Seiring berjalannya waktu, Mpu Kamareka menjadi cikal bakal warga Pasek Kayu Selem, termasuk nama-nama yang terkenal seperti Ki Kayuselem, Ki Celagi, Ki Tarunyan, dan Ki Kayuan. Setiap generasi dari keturunan ini berusaha meneruskan ajaran dan tradisi yang diwariskan, menjaga warisan spiritual sebagai bagian dari identitas mereka. Setiap nama dan setiap cerita yang diturunkan adalah pengingat akan perjalanan panjang yang telah dilalui oleh leluhur mereka. Pura Kayu Selem, yang menjadi saksi bisu perjalanan ini, kini tidak hanya berfungsi sebagai tempat ibadah, tetapi juga sebagai simbol dari penghormatan terhadap para leluhur dan pengingat akan pentingnya menjaga warisan yang telah ditinggalkan.
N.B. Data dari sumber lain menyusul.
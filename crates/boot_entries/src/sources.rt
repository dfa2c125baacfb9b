//! The files that the boot menu is made of.
ghost use Rattle.std.specs.Prelude.{◌≡◌, ◌++◌, IfOk, OnOk};
ghost use Rattle.std.specs.List.{flat_map};
ghost use Rattle.boot_entries.specs.Sources.{sources_of, taken_of};

use crate::entry::{params_path, version_path};
use generations::{Gen, Gens};
use std::alloc::{AllocError, Global};
use switch_names::{Listed, Path};

/// Adds what the entry of a generation is made of, where it names a system.
fn add_sources(alloc: Global, paths: &mut Listed<Path>, generation: &Gen) -> Result<(), AllocError>
    ensures { OnOk result (paths.new ≡ paths.old ++ sources_of generation.now) }
{
    let Some(system) = &generation.target else {
        return Ok(());
    };
    paths.push(version_path(alloc, system)?)?;
    paths.push(params_path(alloc, system)?)
}

/// Adds what the entries of some generations are made of.
fn add_all(alloc: Global, paths: &mut Listed<Path>, list: &[Gen]) -> Result<(), AllocError>
    ensures { OnOk result (paths.new ≡ paths.old ++ flat_map sources_of list.now) }
{
    for generation in list {
        add_sources(alloc, paths, generation)?;
    }
    Ok(())
}

/// The files that the boot menu of some generations is made of, by generation: the version and the
/// kernel's parameters of each system that one of them names, whether or not these stand.
///
/// Source: Boot Loader Specification, "Type #1 Boot Loader Specification Entries".
pub fn taken(alloc: Global, gens: &Gens) -> Result<Listed<Path>, AllocError>
    ensures { IfOk result (λ paths. paths ≡ taken_of gens.now) }
{
    let mut paths = Listed::new(alloc);
    add_all(alloc, &mut paths, gens.list.as_slice())?;
    Ok(paths)
}
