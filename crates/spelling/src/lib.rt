// Writing a sentence: the body that spells it.
#![tactic(auto)]

ghost use Rattle.std.specs.Prelude.{◌≡◌, [], ◌∷◌, IfOk};
ghost use Rattle.words.specs.Words.{principal_word, join};
ghost use Rattle.grammar.specs.Sentences.{first, right_words, spell as spell_of};
ghost use Rattle.model.specs.declared.principal.Principal.TheVariants.{Role as RoleOf};
ghost use Rattle.grammar.specs.declared.sentence.Sentence.TheVariants as sentence_of;

mod body;

use body::Body;
use grammar::keyword::Keyword;
use grammar::sentence::{Command, Restriction, Sentence};
use model::kind::Kind;
use model::principal::Principal;
use model::privilege::Privilege;
use model::right::Right;
use std::alloc::{AllocError, Global};

fn role_body(heap: Global, role: u8, level: u8) -> Result<Body, AllocError>
    ensures { IfOk result (λ b. b.bytes.items ≡ join (spell_of (sentence_of.Role role level))) }
{
    let mut body = Body::of(heap, Command::Role)?;
    body.principal(Principal::Role(role))?;
    body.word(b"LEVEL")?;
    body.number(level)?;
    Ok(body)
}

fn object_body(heap: Global, object: u8, kind: Kind, owner: u8) -> Result<Body, AllocError>
    ensures { IfOk result (λ b. b.bytes.items ≡ join (spell_of (sentence_of.Object object kind owner))) }
{
    let mut body = Body::of(heap, Command::Object)?;
    body.object(object)?;
    body.word(b"TYPE")?;
    body.word(kind.word())?;
    body.word(b"OWNER")?;
    body.principal(Principal::User(owner))?;
    Ok(body)
}

// A command's word, and a role and a principal with a word between.
fn pair_body(
    heap: Global,
    command: Command,
    role: u8,
    word: &[u8],
    upper: Principal,
) -> Result<Body, AllocError>
    ensures { IfOk result (λ b. b.bytes.items ≡ join (first command ∷ principal_word (RoleOf role) ∷ word.now ∷ principal_word upper ∷ [])) }
{
    let mut body = Body::of(heap, command)?;
    body.pair(role, word, upper)?;
    Ok(body)
}

// A command's word, and a right and a principal with a word between.
fn right_body(
    heap: Global,
    command: Command,
    right: Right,
    word: &[u8],
    principal: Principal,
) -> Result<Body, AllocError>
    ensures { IfOk result (λ b. b.bytes.items ≡ join (first command ∷ right_words right.privilege right.object word.now principal [])) }
{
    let mut body = Body::of(heap, command)?;
    body.right(right, word, principal)?;
    Ok(body)
}

// This and the next take what a sentence holds, field by field, as the statements name it.
fn granted(
    heap: Global,
    privilege: Privilege,
    object: u8,
    grantee: Principal,
    option: bool,
) -> Result<Body, AllocError>
    ensures { IfOk result (λ b. b.bytes.items ≡ join (spell_of (sentence_of.Grant privilege object grantee option))) }
{
    let right = Right { object, privilege };
    let mut body = right_body(heap, Command::Grant, right, b"TO", grantee)?;
    if option {
        body.word(b"OPTION")?;
    }
    Ok(body)
}

fn restricted(
    heap: Global,
    restriction: Restriction,
    privilege: Privilege,
    object: u8,
    grantee: Principal,
    neutral: bool,
) -> Result<Body, AllocError>
    ensures { IfOk result (λ b. b.bytes.items ≡ join (spell_of (sentence_of.Restrict restriction privilege object grantee neutral))) }
{
    let right = Right { object, privilege };
    let mut body = right_body(heap, Command::Restrict(restriction), right, b"TO", grantee)?;
    if neutral {
        body.word(b"NEUT")?;
        body.word(b"ORNT")?;
    }
    Ok(body)
}

// The body that spells the sentence.
pub fn spell(heap: Global, sentence: Sentence) -> Result<Vec<u8>, AllocError>
    ensures { IfOk result (λ v. v.items ≡ join (spell_of sentence)) }
{
    let body = match sentence {
        Sentence::Role { role, level } => role_body(heap, role, level)?,
        Sentence::Object {
            object,
            kind,
            owner,
        } => object_body(heap, object, kind, owner)?,
        Sentence::Link { role, upper } => pair_body(heap, Command::Link, role, b"TO", upper)?,
        Sentence::Cut { role, upper } => pair_body(heap, Command::Cut, role, b"FROM", upper)?,
        Sentence::Grant {
            privilege,
            object,
            grantee,
            option,
        } => granted(heap, privilege, object, grantee, option)?,
        Sentence::Restrict {
            restriction,
            privilege,
            object,
            grantee,
            neutral,
        } => restricted(heap, restriction, privilege, object, grantee, neutral)?,
        Sentence::Revoke {
            privilege,
            object,
            grantee,
        } => right_body(
            heap,
            Command::Revoke,
            Right { object, privilege },
            b"FROM",
            grantee,
        )?,
        Sentence::Check {
            privilege,
            object,
            principal,
        } => right_body(
            heap,
            Command::Check,
            Right { object, privilege },
            b"FOR",
            principal,
        )?,
    };
    Ok(body.bytes)
}
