// A body that is being written.
ghost use Rattle.std.specs.Prelude.{◌≡◌, [], ◌∷◌, ◌++◌, IfOk, OnOk};
ghost use Rattle.words.specs.Words.{digits as digits_of, principal_word, object_word, join};
ghost use Rattle.grammar.specs.Sentences.{first, right_words};
ghost use Rattle.model.specs.declared.principal.Principal.TheVariants.{Role as RoleOf};

use grammar::keyword::Keyword;
use grammar::sentence::Command;
use model::principal::Principal;
use model::right::Right;
use std::alloc::{AllocError, Global};

// The words so far, with a space between each and the next. They are added in place: a body that
// went from step to step by value would be moved at each word.
#[derive(Drop)]
pub(crate) struct Body {
    pub bytes: Vec<u8>,
}

impl Body {
    // The body of a command's first word.
    pub(crate) fn of(heap: Global, command: Command) -> Result<Body, AllocError>
        ensures { IfOk result (λ b. b.bytes.items ≡ first command) }
    {
        let mut bytes = Vec::new(heap);
        bytes.extend_from_slice(command.word())?;
        Ok(Body { bytes })
    }

    pub(crate) fn word(&mut self, word: &[u8]) -> Result<(), AllocError>
        ensures { OnOk result (self.new.bytes.items ≡ self.old.bytes.items ++ (32 ∷ word.now)) }
    {
        self.bytes.push(b' ')?;
        self.bytes.extend_from_slice(word)
    }

    // The digits of a number, with no space before.
    fn digits(&mut self, n: u8) -> Result<(), AllocError>
        ensures { OnOk result (self.new.bytes.items ≡ self.old.bytes.items ++ digits_of n) }
    {
        if n < 10 {
            self.bytes.push(b'0' + n)?;
            return Ok(());
        }
        self.bytes.push(b'0' + n / 10)?;
        self.bytes.push(b'0' + n % 10)?;
        Ok(())
    }

    pub(crate) fn number(&mut self, n: u8) -> Result<(), AllocError>
        ensures { OnOk result (self.new.bytes.items ≡ self.old.bytes.items ++ (32 ∷ digits_of n)) }
    {
        self.bytes.push(b' ')?;
        self.digits(n)
    }

    // A letter and a number.
    fn numbered(&mut self, letter: u8, n: u8) -> Result<(), AllocError>
        ensures { OnOk result (self.new.bytes.items ≡ self.old.bytes.items ++ (32 ∷ letter ∷ digits_of n)) }
    {
        self.bytes.push(b' ')?;
        self.bytes.push(letter)?;
        self.digits(n)
    }

    pub(crate) fn principal(&mut self, principal: Principal) -> Result<(), AllocError>
        ensures { OnOk result (self.new.bytes.items ≡ self.old.bytes.items ++ (32 ∷ principal_word principal)) }
    {
        match principal {
            Principal::User(n) => self.numbered(b'u', n),
            Principal::Role(n) => self.numbered(b'r', n),
        }
    }

    pub(crate) fn object(&mut self, object: u8) -> Result<(), AllocError>
        ensures { OnOk result (self.new.bytes.items ≡ self.old.bytes.items ++ (32 ∷ object_word object)) }
    {
        self.numbered(b'o', object)
    }

    // A role and a principal, with a word between.
    pub(crate) fn pair(&mut self, role: u8, word: &[u8], upper: Principal) -> Result<(), AllocError>
        ensures { OnOk result (self.new.bytes.items ≡ self.old.bytes.items ++ (32 ∷ join (principal_word (RoleOf role) ∷ word.now ∷ principal_word upper ∷ []))) }
    {
        self.principal(Principal::Role(role))?;
        self.word(word)?;
        self.principal(upper)
    }

    // A right and a principal, with a word before the principal.
    pub(crate) fn right(
        &mut self,
        right: Right,
        word: &[u8],
        principal: Principal,
    ) -> Result<(), AllocError>
        ensures { OnOk result (self.new.bytes.items ≡ self.old.bytes.items ++ (32 ∷ join (right_words right.privilege right.object word.now principal []))) }
    {
        self.word(right.privilege.word())?;
        self.word(b"ON")?;
        self.object(right.object)?;
        self.word(word)?;
        self.principal(principal)
    }
}
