//! Prints the part of each JSON text that a JSON pointer names, as compact text. Its help page lists the
//! arguments and the statuses.
#![tactic(auto)]

mod options;
mod part;
mod pointer;

use options::{NULL, form_asked};
use part::Part;
use pointer::read_pointer;
use std::process::ExitCode;
use tinyjson_cli::{
    HELP, INDENT, LINES, MAX_LINE, Program, RAW, Status, VERSION, Values, argument_words,
    arguments_of, needed_operand, or_report, run_tool, texts_asked,
};

const PROGRAM: Program<'static> = Program {
    name: "json_part",
    options: &[LINES, MAX_LINE, INDENT, RAW, NULL, HELP, VERSION],
    help: "\
Usage: json_part [-l] [-m N] [-i] [-r] [-n] POINTER [FILE..]

Prints the part of each JSON text at a JSON Pointer (RFC 6901), as compact text
with sorted keys.

The texts are those of the files, or standard input where none is named; '-' is
standard input, too. Options may come anywhere; after '--' all are operands.

Options:
  -l, --lines       take each line of an input as a text; where one is refused
                    or has no part, report its number and go on
  -m, --max-line N  with -l: refuse a line of more than N bytes, and do not keep
                    it in memory
  -i, --indent      indent by two spaces
  -r, --raw         print a string without quotes and escapes
  -n, --null        print null where there is no part
  -h, --help        print this page
  -V, --version     print the version

Exit status:
  0  each part was printed
  1  a text has no part there; with -l: a line has none or is refused
  2  the arguments are not understood, or POINTER is no pointer
  3  an input is no JSON text, or not UTF-8
  4  memory ran out, or a read or a write failed

Examples:
  $ echo '{\"a\": [1, {\"b\": 2.0}]}' | json_part /a/1
  {\"b\":2}
  $ echo '{\"a/b\": \"x\"}' | json_part /a~1b
  \"x\"
  $ printf '{\"a\": \"x\"}\\n{}\\n' | json_part -lrn /a
  x
  null
",
};

fn main(rt: HostRuntime) -> ExitCode {
    let (Ok(status) | Err(status)) = run(&rt);
    ExitCode::from(status.code())
}

fn run(rt: &HostRuntime) -> Result<Status, Status> {
    let words = argument_words(rt, PROGRAM)?;
    let arguments = arguments_of(rt, PROGRAM, words.as_slice())?;
    let (pointer, files) = needed_operand(rt, PROGRAM, &arguments, "POINTER")?;
    let pointer = or_report(rt, PROGRAM, read_pointer(rt.alloc(), pointer))?;
    let part = Part {
        pointer: &pointer,
        form: form_asked(&arguments),
    };
    let tool = Values::new(rt.alloc(), part, None);
    Ok(run_tool(rt, PROGRAM, texts_asked(&arguments), files, tool))
}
Setiap tahun, umat berkumpul di Pura Kayu Selem untuk melakukan ritual dan perayaan, yang diiringi oleh berbagai persembahan dan doa. Aktivitas ini menciptakan suasana khidmat yang menghubungkan masyarakat dengan spiritualitas mereka. Kegiatan ini tidak hanya bertujuan untuk menghormati para leluhur, tetapi juga untuk memperkuat ikatan antar anggota komunitas dan menumbuhkan rasa persatuan. Melalui setiap ritual, setiap doa, dan setiap upacara, kisah Mpu Semeru dan Mpu Kamareka terus hidup dalam ingatan masyarakat Bali, menjadi inspirasi bagi generasi demi generasi untuk menghormati dan melestarikan nilai-nilai luhur yang telah diwariskan. Dengan demikian, Pura Kayu Selem dan kisah di baliknya terus menginspirasi umat untuk menyebarkan cinta, kebijaksanaan, dan harmoni dalam kehidupan sehari-hari. Melalui pelestarian tradisi ini, masyarakat Bali tidak hanya menjaga warisan budaya, tetapi juga menguatkan identitas spiritual yang telah dibangun selama berabad-abad, menjadikan kisah ini abadi dan relevan hingga kini.